If insurance is too costly, younger healthier people may not sign up for coverage in the exchange, while older sicker ones do. That creates “adverse selection” – a lousy risk pool – followed by a “death spiral.” With a disproportionate number of sick people, costs will go up even more, insurance will be even more unaffordable, so even fewer young healthy people sign up, the cost gets unaffordable for those people that do enroll, the whole exchange idea fails. The end.

Some of the messaging you’re hearing about premium shock is coming from conservative groups who want the Affordable Care Act to fail – or from segments of the industry that want to change the rules.  The law now allows insurers to charge older people only three times as much as younger ones – the so called “age bands.”  Some insurers wanted to make that five to one.

But not everyone concerned about price trends are opposed to “Obamacare.” Some state officials and policy experts, including some who favor the health law, thought it would have been smarter to start with five-to-one age bands and phase down to three to one over a year or two. Noam Levey’s February article looked at these and related concerns. But HHS recently confirmed in a rule that it’s sticking to three to one.

So does that mean premium shock is real? Are we headed for the “death spiral?”

As you write, keep in mind other parts of the picture.
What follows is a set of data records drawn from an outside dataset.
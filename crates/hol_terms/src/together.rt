ghost use Rattle.std.specs.Prelude.{◌≡◌, IfOk};
ghost use Rattle.std.specs.List.{list_all};
ghost use Rattle.hol_terms.specs.Formulas.{is_sentence as sentence_test};
ghost use Rattle.hol_terms.specs.Envs.{PutTogether};

use crate::formula::is_sentence;
use crate::weight::nodes;
use crate::{Env, Sig, Term, TypeFault};
use std::alloc::Global;
use text_kit::{NoMemory, Rows};

/// The nodes that terms which are looked at together may have in all, their types and those of their constants counted.
const MOST_IN_ALL: u64 = 1 << 30;

/// Whether each term is a sentence over the signature.
///
/// Want of memory is the answer besides where the terms, written out as trees with their types and those of their
/// constants, have more than 2^30 nodes in all, since types are looked at wherever they stand.
pub fn are_sentences(alloc: Global, sig: &Sig, terms: &[Term]) -> Result<bool, NoMemory>
    ensures { IfOk result (λ b. b ≡ list_all (sentence_test sig.now) terms.now) }
{
    let mut left = MOST_IN_ALL;
    for t in terms {
        left = left.saturating_sub(nodes(sig.consts.as_slice(), t, left)?);
        if !is_sentence(alloc, sig, t)? {
            return Ok(false);
        }
    }
    Ok(true)
}

/// Puts signature, facts and goal together, where the signature has bool and each fact and the goal is a sentence.
pub fn put_together(
    alloc: Global,
    sig: Sig,
    facts: Rows<Term>,
    goal: Term,
) -> Result<Env, TypeFault>
    ensures { PutTogether sig facts goal result }
{
    let fits = sig.types > 0
        && are_sentences(alloc, &sig, facts.as_slice())?
        && is_sentence(alloc, &sig, &goal)?;
    if fits {
        Ok(Env { sig, facts, goal })
    } else {
        Err(TypeFault::IllTyped)
    }
}
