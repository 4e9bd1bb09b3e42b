use crate::{Term, copy};
use std::alloc::AllocError;
use text_kit::NoMemory;

/// A literal over typed terms: an atom or its negation.
#[derive(Debug, Drop)]
pub struct TypedLiteral {
    pub positive: bool,
    pub atom: Term,
}

impl Clone for TypedLiteral {
    ghost use Rattle.std.specs.Prelude.{◌≡◌};

    ghost is_clone = { λ x y. y ≡ x };

    fn clone(&self) -> Result<TypedLiteral, AllocError> {
        match copy(&self.atom) {
            Ok(atom) => Ok(TypedLiteral {
                positive: self.positive,
                atom,
            }),
            Err(NoMemory) => Err(AllocError),
        }
    }
}
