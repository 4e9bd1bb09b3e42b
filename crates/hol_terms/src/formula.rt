ghost use Rattle.std.specs.Prelude.{◌≡◌, IfOk};
ghost use Rattle.hol_terms.specs.Formulas.{is_formula as formula_test, is_sentence as sentence_test, typed_as, aux_free, var_free};

use crate::typing::type_of;
use crate::{Konst, Sig, Term, Ty, TypeFault, same_ty};
use std::alloc::Global;
use text_kit::NoMemory;

/// Whether the term has this type under no binders.
pub fn has_type(alloc: Global, sig: &Sig, t: &Term, ty: &Ty) -> Result<bool, NoMemory>
    ensures { IfOk result (λ b. b ≡ typed_as sig.now t.now ty.now) }
{
    match type_of(alloc, sig, t) {
        Ok(own) => Ok(same_ty(&own, ty)),
        Err(TypeFault::IllTyped) => Ok(false),
        Err(TypeFault::NoMemory) => Err(NoMemory),
    }
}

/// Whether no auxiliary constant occurs in the term.
pub fn has_no_aux(t: &Term) -> bool
    ensures { result ≡ aux_free t.now }
{
    match t {
        Term::Bound(_) => true,
        Term::Free(_, _) => true,
        Term::Con(Konst::Aux(_)) => false,
        Term::Con(_) => true,
        Term::App(f, x) => has_no_aux(f.get()) && has_no_aux(x.get()),
        Term::Lam(_, b) => has_no_aux(b.get()),
    }
}

/// Whether no free variable occurs in the term.
pub fn has_no_free(t: &Term) -> bool
    ensures { result ≡ var_free t.now }
{
    match t {
        Term::Bound(_) => true,
        Term::Free(_, _) => false,
        Term::Con(_) => true,
        Term::App(f, x) => has_no_free(f.get()) && has_no_free(x.get()),
        Term::Lam(_, b) => has_no_free(b.get()),
    }
}

/// Whether the term is a formula over the signature.
#[tactic(auto, unfolding(crate::specs::Formulas::is_formula))]
pub fn is_formula(alloc: Global, sig: &Sig, t: &Term) -> Result<bool, NoMemory>
    ensures { IfOk result (λ b. b ≡ formula_test sig.now t.now) }
{
    Ok(has_type(alloc, sig, t, &Ty::Base(0))? && has_no_aux(t))
}

/// Whether the term is a sentence over the signature.
#[tactic(auto, unfolding(crate::specs::Formulas::is_sentence))]
pub fn is_sentence(alloc: Global, sig: &Sig, t: &Term) -> Result<bool, NoMemory>
    ensures { IfOk result (λ b. b ≡ sentence_test sig.now t.now) }
{
    Ok(is_formula(alloc, sig, t)? && has_no_free(t))
}
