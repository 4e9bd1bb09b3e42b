use crate::{
    Konst, Sig, Term, Ty, abstract_over, arrow, free_in, has_type, instantiate, is_formula,
    is_sentence, put_free, put_together, same,
};
use std::alloc::Global;
use std::test::Fail;
use text_kit::{NoMemory, Rows, Shared};

/// One constant `c : bool`, and one base type besides bool.
fn signature(alloc: Global) -> Result<Sig, NoMemory> {
    let mut consts = Rows::begin(alloc);
    consts.push(Ty::Base(0))?;
    Ok(Sig {
        types: 2,
        consts,
        aux: Rows::begin(alloc),
    })
}

fn negation(alloc: Global, t: Term) -> Result<Term, NoMemory> {
    let head = Shared::new(alloc, Term::Con(Konst::Not))?;
    let arg = Shared::new(alloc, t)?;
    Ok(Term::App(head, arg))
}

/// The lambda `\x. c`, made by putting `c` into `\x. #1`.
fn constant_function(alloc: Global) -> Result<Term, NoMemory> {
    let inside = Shared::new(alloc, Term::Bound(1))?;
    instantiate(
        alloc,
        &Term::Lam(Ty::Base(1), inside),
        &Term::Con(Konst::Named(0)),
    )
}

#[test]
fn constant_functions_have_their_type(rt: HostRuntime) -> Result<(), Fail> {
    let alloc = rt.alloc();
    let whole = constant_function(alloc)?;
    let wanted = arrow(alloc, Ty::Base(1), Ty::Base(0))?;
    let typed = has_type(alloc, &signature(alloc)?, &whole, &wanted)?;
    assert!(rt; typed);
    Ok(())
}

#[test]
fn variables_are_replaced_by_number_and_type(rt: HostRuntime) -> Result<(), Fail> {
    let alloc = rt.alloc();
    let before = negation(alloc, Term::Free(7, Ty::Base(0)))?;
    assert!(rt; free_in(7, &Ty::Base(0), &before));
    assert!(rt; !free_in(7, &Ty::Base(1), &before));
    let after = put_free(alloc, &before, 7, &Ty::Base(0), &Term::Con(Konst::True))?;
    let wanted = negation(alloc, Term::Con(Konst::True))?;
    assert!(rt; same(&after, &wanted));
    Ok(())
}

#[test]
fn a_variable_becomes_an_index(rt: HostRuntime) -> Result<(), Fail> {
    let body = abstract_over(rt.alloc(), &Term::Free(7, Ty::Base(0)), 7, &Ty::Base(0))?;
    assert!(rt; same(&body, &Term::Bound(0)));
    Ok(())
}

#[test]
fn sentences_have_no_variable(rt: HostRuntime) -> Result<(), Fail> {
    let alloc = rt.alloc();
    let env = put_together(
        alloc,
        signature(alloc)?,
        Rows::begin(alloc),
        Term::Con(Konst::Named(0)),
    )?;
    let formula = is_formula(alloc, &env.sig, &Term::Free(0, Ty::Base(0)))?;
    assert!(rt; formula);
    let sentence = is_sentence(alloc, &env.sig, &Term::Free(0, Ty::Base(0)))?;
    assert!(rt; !sentence);
    Ok(())
}
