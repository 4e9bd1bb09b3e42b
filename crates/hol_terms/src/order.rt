ghost use Rattle.std.specs.Prelude.{◌≡◌, ◌↔◌};
ghost use Rattle.std.specs.declared.cmp.Ordering.{Ordering};
ghost use Rattle.hol_terms.specs.Order.{ty_cmp, konst_kind, konst_cmp, kind, term_cmp};

use crate::{Konst, Term, Ty};
use std::cmp::Ordering;

fn compare_ty(s: &Ty, t: &Ty) -> Ordering
    ensures { result ≡ ty_cmp s.now t.now }
{
    match (s, t) {
        (Ty::Base(a), Ty::Base(b)) => a.cmp(b),
        (Ty::Base(_), Ty::Arrow(_, _)) => Ordering::Less,
        (Ty::Arrow(_, _), Ty::Base(_)) => Ordering::Greater,
        (Ty::Arrow(a, b), Ty::Arrow(c, d)) => match compare_ty(a.get(), c.get()) {
            Ordering::Equal => compare_ty(b.get(), d.get()),
            differs => differs,
        },
    }
}

fn konst_rank(k: &Konst) -> u8
    ensures { result ≡ konst_kind k.now }
{
    match k {
        Konst::Named(_) => 0,
        Konst::Aux(_) => 1,
        Konst::True => 2,
        Konst::False => 3,
        Konst::Not => 4,
        Konst::And => 5,
        Konst::Or => 6,
        Konst::Imp => 7,
        Konst::Eq(_) => 8,
        Konst::All(_) => 9,
        Konst::Ex(_) => 10,
        Konst::Eps(_) => 11,
    }
}

fn compare_konst(s: &Konst, t: &Konst) -> Ordering
    ensures { result ≡ konst_cmp s.now t.now }
{
    match (s, t) {
        (Konst::Named(a), Konst::Named(b)) => a.cmp(b),
        (Konst::Aux(a), Konst::Aux(b)) => a.cmp(b),
        (Konst::Eq(a), Konst::Eq(b)) => compare_ty(a, b),
        (Konst::All(a), Konst::All(b)) => compare_ty(a, b),
        (Konst::Ex(a), Konst::Ex(b)) => compare_ty(a, b),
        (Konst::Eps(a), Konst::Eps(b)) => compare_ty(a, b),
        _ => konst_rank(s).cmp(&konst_rank(t)),
    }
}

fn rank(t: &Term) -> u8
    ensures { result ≡ kind t.now }
{
    match t {
        Term::Bound(_) => 0,
        Term::Free(_, _) => 1,
        Term::Con(_) => 2,
        Term::App(_, _) => 3,
        Term::Lam(_, _) => 4,
    }
}

#[tactic(auto, unfolding(crate::specs::Order::term_cmp))]
fn ordered(s: &Term, t: &Term) -> Ordering
    ensures { result ≡ term_cmp s.now t.now }
{
    match (s, t) {
        (Term::Bound(a), Term::Bound(b)) => a.cmp(b),
        (Term::Free(a, x), Term::Free(b, y)) => match a.cmp(b) {
            Ordering::Equal => compare_ty(x, y),
            differs => differs,
        },
        (Term::Con(a), Term::Con(b)) => compare_konst(a, b),
        (Term::App(a, x), Term::App(b, y)) => match ordered(a.get(), b.get()) {
            Ordering::Equal => ordered(x.get(), y.get()),
            differs => differs,
        },
        (Term::Lam(x, a), Term::Lam(y, b)) => match compare_ty(x, y) {
            Ordering::Equal => ordered(a.get(), b.get()),
            differs => differs,
        },
        _ => rank(s).cmp(&rank(t)),
    }
}

/// Orders terms: first by kind, then by their parts from left to right, as far as the first that differ. It takes
/// no memory.
pub fn compare(s: &Term, t: &Term) -> Ordering
    ensures order { result ≡ term_cmp s.now t.now }
    ensures same { (result ≡ Ordering.Equal) ↔ (s.now ≡ t.now) }
{
    ordered(s, t)
}
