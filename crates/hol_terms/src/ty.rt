ghost use Rattle.std.specs.Prelude.{◌≡◌, ◌↔◌, IsTrue, IfOk};
ghost use Rattle.hol_terms.specs.Types.{is_ty, function_ty};

use std::alloc::{AllocError, Global};
use text_kit::{NoMemory, Shared};

/// A type: a base type by its number, `Base(0)` being bool, or the functions from one type to another.
#[derive(Debug, Drop)]
pub enum Ty {
    Base(u32),
    Arrow(Shared<Ty>, Shared<Ty>),
}

/// Whether two types are the same.
pub fn same_ty(s: &Ty, t: &Ty) -> bool
    ensures test { result ≡ is_ty s.now t.now }
    ensures same { IsTrue result ↔ (s.now ≡ t.now) }
{
    match (s, t) {
        (Ty::Base(a), Ty::Base(b)) => *a == *b,
        (Ty::Arrow(a, b), Ty::Arrow(c, d)) => same_ty(a.get(), c.get())
            && same_ty(b.get(), d.get()),
        _ => false,
    }
}

/// The same type once more, in constant time and without room of its own.
pub fn copy_ty(t: &Ty) -> Result<Ty, NoMemory>
    ensures { IfOk result (λ s. s ≡ t.now) }
{
    match t {
        Ty::Base(a) => Ok(Ty::Base(*a)),
        Ty::Arrow(a, b) => Ok(Ty::Arrow(a.again()?, b.again()?)),
    }
}

/// The type of the functions from one type to another.
pub fn arrow(alloc: Global, from: Ty, to: Ty) -> Result<Ty, NoMemory>
    ensures { IfOk result (λ t. t ≡ function_ty from to) }
{
    let left = Shared::new(alloc, from)?;
    let right = Shared::new(alloc, to)?;
    Ok(Ty::Arrow(left, right))
}

impl Clone for Ty {
    ghost is_clone = { λ x y. y ≡ x };

    fn clone(&self) -> Result<Ty, AllocError> {
        match copy_ty(self) {
            Ok(t) => Ok(t),
            Err(NoMemory) => Err(AllocError),
        }
    }
}
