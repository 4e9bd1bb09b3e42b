ghost use Rattle.std.specs.Prelude.{◌≡◌, IsTrue, IfOk};
ghost use Rattle.hol_terms.specs.Substitution.{put, instantiated, is_closed, abstracted, abstracted_at, closed_under, put_free as replaced, one_put, occurs};

use crate::{Term, Ty, copy, copy_konst, copy_ty, same_ty};
use std::alloc::Global;
use text_kit::{NoMemory, Shared};

fn put_at(alloc: Global, t: &Term, u: &Term, depth: u64) -> Result<Term, NoMemory>
    requires { IsTrue (is_closed u.now) }
    ensures { IfOk result (λ r. r ≡ put u.now t.now depth) }
{
    match t {
        Term::Bound(i) => {
            if *i < depth {
                Ok(Term::Bound(*i))
            } else if *i == depth {
                copy(u)
            } else {
                Ok(Term::Bound(*i - 1))
            }
        }
        Term::Free(n, a) => Ok(Term::Free(*n, copy_ty(a)?)),
        Term::Con(k) => Ok(Term::Con(copy_konst(k)?)),
        Term::App(f, x) => {
            let head = Shared::new(alloc, put_at(alloc, f.get(), u, depth)?)?;
            let arg = Shared::new(alloc, put_at(alloc, x.get(), u, depth)?)?;
            Ok(Term::App(head, arg))
        }
        Term::Lam(a, b) => {
            let Some(more) = depth.checked_add(1) else {
                return Err(NoMemory);
            };
            let body = Shared::new(alloc, put_at(alloc, b.get(), u, more)?)?;
            Ok(Term::Lam(copy_ty(a)?, body))
        }
    }
}

/// `body` with `u`, which has no loose index, for index 0.
pub fn instantiate(alloc: Global, body: &Term, u: &Term) -> Result<Term, NoMemory>
    requires { IsTrue (is_closed u.now) }
    ensures { IfOk result (λ r. r ≡ instantiated body.now u.now) }
{
    put_at(alloc, body, u, 0)
}

fn bind_at(alloc: Global, t: &Term, n: u64, ty: &Ty, depth: u64) -> Result<Term, NoMemory>
    requires { IsTrue (closed_under t.now depth) }
    ensures { IfOk result (λ r. r ≡ abstracted_at n ty.now t.now depth) }
{
    match t {
        Term::Bound(i) => Ok(Term::Bound(*i)),
        Term::Free(m, a) => {
            if *m == n && same_ty(a, ty) {
                Ok(Term::Bound(depth))
            } else {
                Ok(Term::Free(*m, copy_ty(a)?))
            }
        }
        Term::Con(k) => Ok(Term::Con(copy_konst(k)?)),
        Term::App(f, x) => {
            let head = Shared::new(alloc, bind_at(alloc, f.get(), n, ty, depth)?)?;
            let arg = Shared::new(alloc, bind_at(alloc, x.get(), n, ty, depth)?)?;
            Ok(Term::App(head, arg))
        }
        Term::Lam(a, b) => {
            let Some(more) = depth.checked_add(1) else {
                return Err(NoMemory);
            };
            let body = Shared::new(alloc, bind_at(alloc, b.get(), n, ty, more)?)?;
            Ok(Term::Lam(copy_ty(a)?, body))
        }
    }
}

/// `t`, which has no loose index, with `Free(n, ty)` as index 0 of a body.
pub fn abstract_over(alloc: Global, t: &Term, n: u64, ty: &Ty) -> Result<Term, NoMemory>
    requires { IsTrue (is_closed t.now) }
    ensures { IfOk result (λ r. r ≡ abstracted n ty.now t.now) }
{
    bind_at(alloc, t, n, ty, 0)
}

/// `t` with `u` for each `Free(n, ty)`. An index of `u` stays as it is under the binders of `t`.
pub fn put_free(alloc: Global, t: &Term, n: u64, ty: &Ty, u: &Term) -> Result<Term, NoMemory>
    ensures { IfOk result (λ r. r ≡ replaced (one_put n ty.now u.now) t.now) }
{
    match t {
        Term::Bound(i) => Ok(Term::Bound(*i)),
        Term::Free(m, a) => {
            if *m == n && same_ty(a, ty) {
                copy(u)
            } else {
                Ok(Term::Free(*m, copy_ty(a)?))
            }
        }
        Term::Con(k) => Ok(Term::Con(copy_konst(k)?)),
        Term::App(f, x) => {
            let head = Shared::new(alloc, put_free(alloc, f.get(), n, ty, u)?)?;
            let arg = Shared::new(alloc, put_free(alloc, x.get(), n, ty, u)?)?;
            Ok(Term::App(head, arg))
        }
        Term::Lam(a, b) => {
            let body = Shared::new(alloc, put_free(alloc, b.get(), n, ty, u)?)?;
            Ok(Term::Lam(copy_ty(a)?, body))
        }
    }
}

/// Whether `Free(n, ty)` occurs in the term. It takes no memory.
pub fn free_in(n: u64, ty: &Ty, t: &Term) -> bool
    ensures { result ≡ occurs n ty.now t.now }
{
    match t {
        Term::Bound(_) => false,
        Term::Free(m, a) => *m == n && same_ty(a, ty),
        Term::Con(_) => false,
        Term::App(f, x) => free_in(n, ty, f.get()) || free_in(n, ty, x.get()),
        Term::Lam(_, b) => free_in(n, ty, b.get()),
    }
}
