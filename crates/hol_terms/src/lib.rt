//! Types and terms of monomorphic higher-order logic: typing, substitution, and what a formula is.
#![tactic(auto)]

mod env;
mod fault;
mod formula;
mod konst;
mod laws;
mod literal;
mod order;
mod sig;
mod subst;
mod term;
mod together;
mod ty;
mod typing;
mod weight;

pub use env::Env;
pub use fault::TypeFault;
pub use formula::{has_no_aux, has_no_free, has_type, is_formula, is_sentence};
pub use konst::{Konst, copy_konst, same_konst};
pub use laws::{
    abstraction_keeps_types, closed_has_one_type, replacement_keeps_types,
    substitution_keeps_types, typed_is_closed,
};
pub use literal::TypedLiteral;
pub use order::compare;
pub use sig::Sig;
pub use subst::{abstract_over, free_in, instantiate, put_free};
pub use term::{Term, copy, same};
pub use together::{are_sentences, put_together};
pub use ty::{Ty, arrow, copy_ty, same_ty};
pub use typing::{fits, type_of};
pub use weight::{DEEPEST, nodes, type_nodes};

#[cfg(test)]
mod tests;
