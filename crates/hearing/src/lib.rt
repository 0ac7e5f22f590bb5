// What the marks of a march say: a cell's distance where it is stored, the distance that a cell gets from its stored neighbours, and whether one of
// them has spread. A stored cell's mark is its distance, a waiting one's is +infinity.
#![tactic(auto)]

ghost use Rattle.std.specs.Prelude.{◌≡◌, true, not, ◌&&◌, List, ℕ, eqb, length, Some};
ghost use Rattle.ids.specs.Key.{on_lattice};
ghost use Rattle.neighbors.specs.Neighbors.{neighbours};
ghost use Rattle.table.specs.Table.{rows_of};
ghost use Rattle.marching.specs.March.{MarchedRow, distance_of, heard, settled};
ghost use Rattle.marching.specs.Lattice.{length_at, lattice_of};
ghost use Rattle.marching.specs.Spreading.{seed_in, has_spread, other_spread};
ghost use Rattle.hearing.specs.Hearing.{said, Marked, Lent, seeds_of, field_of};
ghost use Rattle.table.specs.Read.{table_of, rows_in};

use marching::{Course, better, candidate, clamped, is_seed, onward, spreads, step_length};
use marks::find;
use search::find_row;
use table::Rows;

// What a march goes by: the table that it is over, the threshold below which a row is a seed, and the course.
#[derive(Clone, Copy)]
pub struct Plan<'a> {
    pub fused: Rows<'a>,
    pub threshold: f32,
    pub course: Course,
}

// A cell's distance where it is stored, else +infinity.
pub fn known(keys: &[u64], distances: &[f32], key: u64) -> f32
    requires { (length distances.now ≡ length keys.now) × (key ≡ 1 → ⊥) }
    ensures { (rs : List MarchedRow) (ws : List ℕ) → Marked rs ws keys.now distances.now → distance_of key rs ≡ said result }
{
    let absent = f32::from_bits(0x7F80_0000);
    let Ok(i) = find(keys, key) else {
        return absent;
    };
    distances[i]
}

// The best so far, once the neighbour at a place is heard.
fn hear(
    keys: &[u64],
    distances: &[f32],
    course: Course,
    best: f32,
    place: usize,
    neighbour: u64,
) -> f32
    requires { (length distances.now ≡ length keys.now) × (neighbour ≡ 1 → ⊥) }
    ensures { (rs : List MarchedRow) (ws : List ℕ)
        → Marked rs ws keys.now distances.now
        → result ≡ heard course.size (length_at place) best (distance_of neighbour rs) }
{
    let distance = known(keys, distances, neighbour);
    if !floats::is_finite(distance) {
        return best;
    }
    let voice = candidate(course, step_length(place), distance);
    better(best, voice)
}

// A cell's distance from its stored neighbours.
pub fn settled(keys: &[u64], distances: &[f32], course: Course, key: u64) -> f32
    requires { (length distances.now ≡ length keys.now) × (on_lattice key ≡ true) }
    ensures { (rs : List MarchedRow) (ws : List ℕ)
        → Marked rs ws keys.now distances.now
        → result ≡ settled (lattice_of course) rs key }
{
    let near = neighbors::around(key);
    let mut best = 3.40282347e38;
    for (place, &neighbour) in near.cells().iter().enumerate() {
        best = hear(keys, distances, course, best, place, neighbour);
    }
    clamped(course, best)
}

// Whether the fused table has a seed at a key.
fn has_seed(fused: &Rows, threshold: f32, key: u64) -> bool
    requires { Lent (table_of fused.now) }
    ensures { result ≡ seed_in threshold (rows_in fused.now) key }
{
    let Rows {
        keys: fused_keys,
        distances: fused_distances,
        weights: fused_weights,
        count: fused_count,
    } = *fused;
    let Some(i) = find_row(fused_keys, fused_count, key) else {
        return false;
    };
    is_seed(threshold, key, fused_distances[i], fused_weights[i])
}

// Whether the row of a key, stored at a distance, has spread: it is a seed, or its neighbours' estimate is at most the maximum distance.
fn has_spread(plan: &Plan, key: u64, distance: f32) -> bool
    requires { Lent (table_of plan.now.fused) }
    ensures { result ≡ has_spread (seeds_of plan.now)
        (field_of plan.now) key (Some distance) }
{
    let course = plan.course;
    if spreads(course, onward(course, distance)) {
        return true;
    }
    has_seed(&plan.fused, plan.threshold, key)
}

// Whether a cell, but for the one that it is asked from, is stored and has spread.
fn spread_at(plan: &Plan, keys: &[u64], distances: &[f32], from: u64, key: u64) -> bool
    requires { Lent (table_of plan.now.fused)
        × ((length distances.now ≡ length keys.now) × (key ≡ 1 → ⊥)) }
    ensures { (rs : List MarchedRow) (ws : List ℕ)
        → Marked rs ws keys.now distances.now
        → result ≡ not (eqb key from) && has_spread (seeds_of plan.now)
        (field_of plan.now) key (distance_of key rs) }
{
    if key == from {
        return false;
    }
    let distance = known(keys, distances, key);
    if !floats::is_finite(distance) {
        return false;
    }
    has_spread(plan, key, distance)
}

// Whether a neighbour of a cell, but for the one that it is asked from, is stored and has spread.
pub fn other_spread(plan: &Plan, keys: &[u64], distances: &[f32], from: u64, key: u64) -> bool
    requires { Lent (table_of plan.now.fused)
        × ((length distances.now ≡ length keys.now) × (on_lattice key ≡ true)) }
    ensures { (rs : List MarchedRow) (ws : List ℕ)
        → Marked rs ws keys.now distances.now
        → result ≡ other_spread (seeds_of plan.now)
        (field_of plan.now) from rs (neighbours key) }
{
    let near = neighbors::around(key);
    for &neighbour in near.cells() {
        if spread_at(plan, keys, distances, from, neighbour) {
            return true;
        }
    }
    false
}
  1. Nobody knows what it’s going to cost yet. (There are two useful calculators to play with, Covering California and one from the Henry J. Kaiser Family Foundation. But there is guesswork built into both of them too – we don’t know exactly who will be selling on the exchanges and what the cost will be.)
  2. The prices you hear about are “sticker” prices – but many people going on to the exchange are going to be subsidized. That includes a lot of these younger adults.  If insurance costs $5,000 but you only pay $2,000 – that is a lot less “shock.” (The calculators, cited above, give you a sense of the subsidies for different income groups.)
  3. Young adults (and certain older ones who meet specific affordability thresholds) can buy a catastrophic plan which will be a lot less expensive (but they can’t get a subsidy for those). Catastrophic coverage, come 2014, will be different than the policies on the market today as they will also cover some preventive and routine care.
  4. There are several mechanisms in place (such as risk corridors) that cushion insurers if they have a disproportionate number of sicker, high-claims beneficiaries.
  5. Don’t forget that there’s an apples and oranges element to this too. Policies may be more expensive – but they will also have better benefits and more consumer protections.  (The CBO has projected that average premiums for a given group would fall 7 percent to 10 percent – if the apples-to-apples comparison is made –but in the post-reform world the benefits and coverage will often be more expansive. People will pay more but get more – although, of course, not everyone wants that.)
  6. Coverage will be more expensive for many young people than it is now – but it will be cheaper for many older ones who can’t buy insurance at all now.
  7. Remember that insurance prices have been going up for years and years. And years.  And years. It’s not all because of the ACA .Here’s a good story from January looking at some of the recent trends from Reed Abelson at The New York Times.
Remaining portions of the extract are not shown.